This festa is just one of many held in the towns on the outskirts of Rome throughout the year – festivals in honor of food, or more specifically, in honor of a certain food that’s particularly loved and in-season.  There’s the festival of the strawberry, the artichoke, the broccoli, the sausage, the olive; you name it, there’s a festival for it.

Organized by each individual paese’s city hall, these festivals (often called Sagras) always have a small-town, no fuss atmosphere. The cooks, servers, cashiers, etc., are all local volunteers, and as they argue and anxiously flitter around, they give the impression that it’s a miracle they were even able to get the tents up in time to serve the food.

Polenta, for those who don’t know, is a classic Fall/Winter dish made of cornmeal, topped off with red sauce and sausage, or another kind of meat. It’s a recipe that’s practically as old as time, particularly popular in the North as well as areas with higher elevations and cooler climates. Simple and delicious, I fondly remember my own grandmother often making it for us.
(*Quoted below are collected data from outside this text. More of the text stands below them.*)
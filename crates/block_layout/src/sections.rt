ghost use Rattle.std.specs.Prelude.{◌≡◌, ◌<◌, List, length, [], ◌++◌, IfOk, true, false, if◌then◌else◌};
ghost use Rattle.stl_ast.specs.declared.declarations.Declaration.{Declaration};
ghost use Rattle.block_layout.specs.Around.{
  Outside,
  of_sections,
  of_structure,
  declarations_before_next,
  ret_val,
  returned_names,
};
ghost use Rattle.block_layout.specs.Cells.{is_temp, returned_cells};
ghost use Rattle.block_layout.specs.DeclarationFacts.{
  IsDeclaredByBlock,
  AreOpen,
  IsDeclaredBySections,
  SectionAdded,
  cells_by,
  open_list_of,
  facts_of_declarations,
};

use crate::cells::{Cell, Element};
use crate::declaration_facts::{DeclarationFacts, OpenList, check_all};
use crate::making::add_cells;
use crate::rules::rule_21::least_twice;
use crate::rules::rule_56::least_deep;
use crate::types::Types;
use plc_base::{Refusal, lesser};
use std::alloc::{AllocError, Global};
use stl_ast::{Block, Name, Part, PartKind, Sequence, Simple};
use stl_symbols::NameIndex;

/// What the declarations of a block come to: the cells of its components and of its temporary
/// variables, and the least refusals by names that stand twice and by types nested too deep.
#[derive(Drop)]
pub(crate) struct BlockCells {
    pub(crate) components: Vec<Cell>,
    pub(crate) temps: Vec<Cell>,
    pub(crate) twice: Option<Refusal>,
    pub(crate) deep: Option<Refusal>,
}

fn is_temp(kind: PartKind) -> bool
    ensures { result ≡ is_temp kind }
{
    matches!(kind, PartKind::Temp)
}

/// Adds the cells of a section.
fn add_section(
    alloc: Global,
    types: &Types,
    part: &Part,
    all_facts: &[DeclarationFacts],
    into: &mut BlockCells,
) -> Result<(), AllocError>
    requires { length all_facts.now ≡ length part.now.items }
    ensures components { IfOk result (λ _. into.new.components.items ≡ into.old.components.items
        ++ (if is_temp part.now.kind then []
        else cells_by types.now part.now.kind false all_facts.now part.now.items)) }
    ensures temps { IfOk result (λ _. into.new.temps.items ≡ into.old.temps.items
        ++ (if is_temp part.now.kind
        then cells_by types.now part.now.kind false all_facts.now part.now.items else [])) }
    ensures twice { IfOk result (λ _. into.new.twice ≡ into.old.twice) }
    ensures deep { IfOk result (λ _. into.new.deep ≡ into.old.deep) }
{
    let declarations = part.items.as_slice();
    if is_temp(part.kind) {
        add_cells(
            alloc,
            types,
            part.kind,
            false,
            declarations,
            all_facts,
            &mut into.temps,
        )
    } else {
        add_cells(
            alloc,
            types,
            part.kind,
            false,
            declarations,
            all_facts,
            &mut into.components,
        )
    }
}

/// Adds what a section comes to.
fn section(
    alloc: Global,
    types: &Types,
    part: &Part,
    open_: &mut Vec<OpenList>,
    into: &mut BlockCells,
) -> Result<(), AllocError>
    requires { 0 < length open_.old.items }
    ensures open { IfOk result (λ _. 0 < length open_.new.items) }
    ensures added { IfOk result (λ _. (o : Outside) (before : List Declaration)
        → AreOpen types.now o before open_.old.items
        → SectionAdded types.now o before part.now into.old into.new open_.new.items) }
{
    let declarations = part.items.as_slice();
    let all_facts = check_all(alloc, types, open_, declarations)?;
    add_section(alloc, types, part, &all_facts, into)?;
    into.twice = lesser(into.twice, least_twice(declarations, &all_facts));
    into.deep = lesser(into.deep, least_deep(declarations, &all_facts));
    Ok(())
}

/// The list that a block's sections begin in.
fn first_list(alloc: Global, returned: Option<Simple>) -> Result<OpenList, AllocError>
    ensures names { IfOk result (λ f. f.names ≡ returned_names returned) }
    ensures depth { IfOk result (λ f. f.depth ≡ 0) }
    ensures sound { IfOk result (λ f. f.sound ≡ true) }
{
    let mut names = NameIndex::new(alloc);
    if returned.is_some() {
        names.add(alloc, b"RET_VAL")?;
    }
    Ok(OpenList {
        names,
        depth: 0,
        sound: true,
    })
}

/// What the sections of a block come to.
fn sections(alloc: Global, types: &Types, block: &Block) -> Result<BlockCells, AllocError>
    ensures { IfOk result (λ made. IsDeclaredBySections types.now block.now made) }
{
    let mut open_ = Vec::new(alloc);
    open_.push(first_list(alloc, block.result)?)?;
    let mut made = BlockCells {
        components: returned_cells(alloc, block.result)?,
        temps: Vec::new(alloc),
        twice: None,
        deep: None,
    };
    for part in block.parts.as_slice() {
        section(alloc, types, part, &mut open_, &mut made)?;
    }
    Ok(made)
}

/// The cell of a return value.
fn returned_cells(alloc: Global, returned: Option<Simple>) -> Result<Vec<Cell>, AllocError>
    ensures { IfOk result (λ cells. cells.items ≡ returned_cells returned) }
{
    let mut cells = Vec::new(alloc);
    if let Some(kind) = returned {
        cells.push(Cell {
            name: Name::new(alloc, b"RET_VAL")?,
            section: PartKind::Output,
            level: 0,
            opens: false,
            sound: true,
            bounds: Sequence::from_vec(Vec::new(alloc)),
            of: Element::Plain { kind },
            presets: Sequence::from_vec(Vec::new(alloc)),
        })?;
    }
    Ok(cells)
}

/// The list that the structure of a block opens.
fn structure_list(alloc: Global) -> OpenList
    ensures names { result.names ≡ [] }
    ensures depth { result.depth ≡ 1 }
    ensures sound { result.sound ≡ true }
{
    OpenList {
        names: NameIndex::new(alloc),
        depth: 1,
        sound: true,
    }
}

/// What the rules find of the components of the structure of a block.
pub(crate) fn structure_facts(
    alloc: Global,
    types: &Types,
    block: &Block,
) -> Result<Vec<DeclarationFacts>, AllocError>
    ensures count { IfOk result (λ v. length v.items ≡ length block.now.components) }
    ensures facts { IfOk result (λ v. v.items
        ≡ facts_of_declarations types.now of_structure [] block.now.components) }
{
    let mut open_ = Vec::new(alloc);
    open_.push(structure_list(alloc))?;
    check_all(alloc, types, &mut open_, block.components.as_slice())
}

/// What the declarations of a block come to.
pub(crate) fn declarations_of(
    alloc: Global,
    types: &Types,
    block: &Block,
) -> Result<BlockCells, AllocError>
    ensures { IfOk result (λ made. IsDeclaredByBlock types.now block.now made) }
{
    let mut made = sections(alloc, types, block)?;
    let declarations = block.components.as_slice();
    let all_facts = structure_facts(alloc, types, block)?;
    add_cells(
        alloc,
        types,
        PartKind::Static,
        true,
        declarations,
        &all_facts,
        &mut made.components,
    )?;
    made.twice = lesser(made.twice, least_twice(declarations, &all_facts));
    made.deep = lesser(made.deep, least_deep(declarations, &all_facts));
    Ok(made)
}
As usual, when attending a public event in Italy involving food, you have to have your game face on. What begins as an organized line usually ends up a clump of hungry wolves fighting over the one, prepared tray churned out every what-seems-like-an-eternity. The mood is mostly upbeat though, since everyone knows the wait is always worth it. And with the prices as ridiculously cheap as they are, is anyone really going to mess with someone’s Nonna cooking in the back? No. That would make you a grande stronzo.

So, you wait. And when you finally walk away with that tray, it feels like you’re escaping with the holy grail – as those left behind glare at you with a mixture of envy and admiration. You take your seat at a picnic table, drink your red wine from a plastic cup, listen to some classic Roman folk songs, and simply enjoy.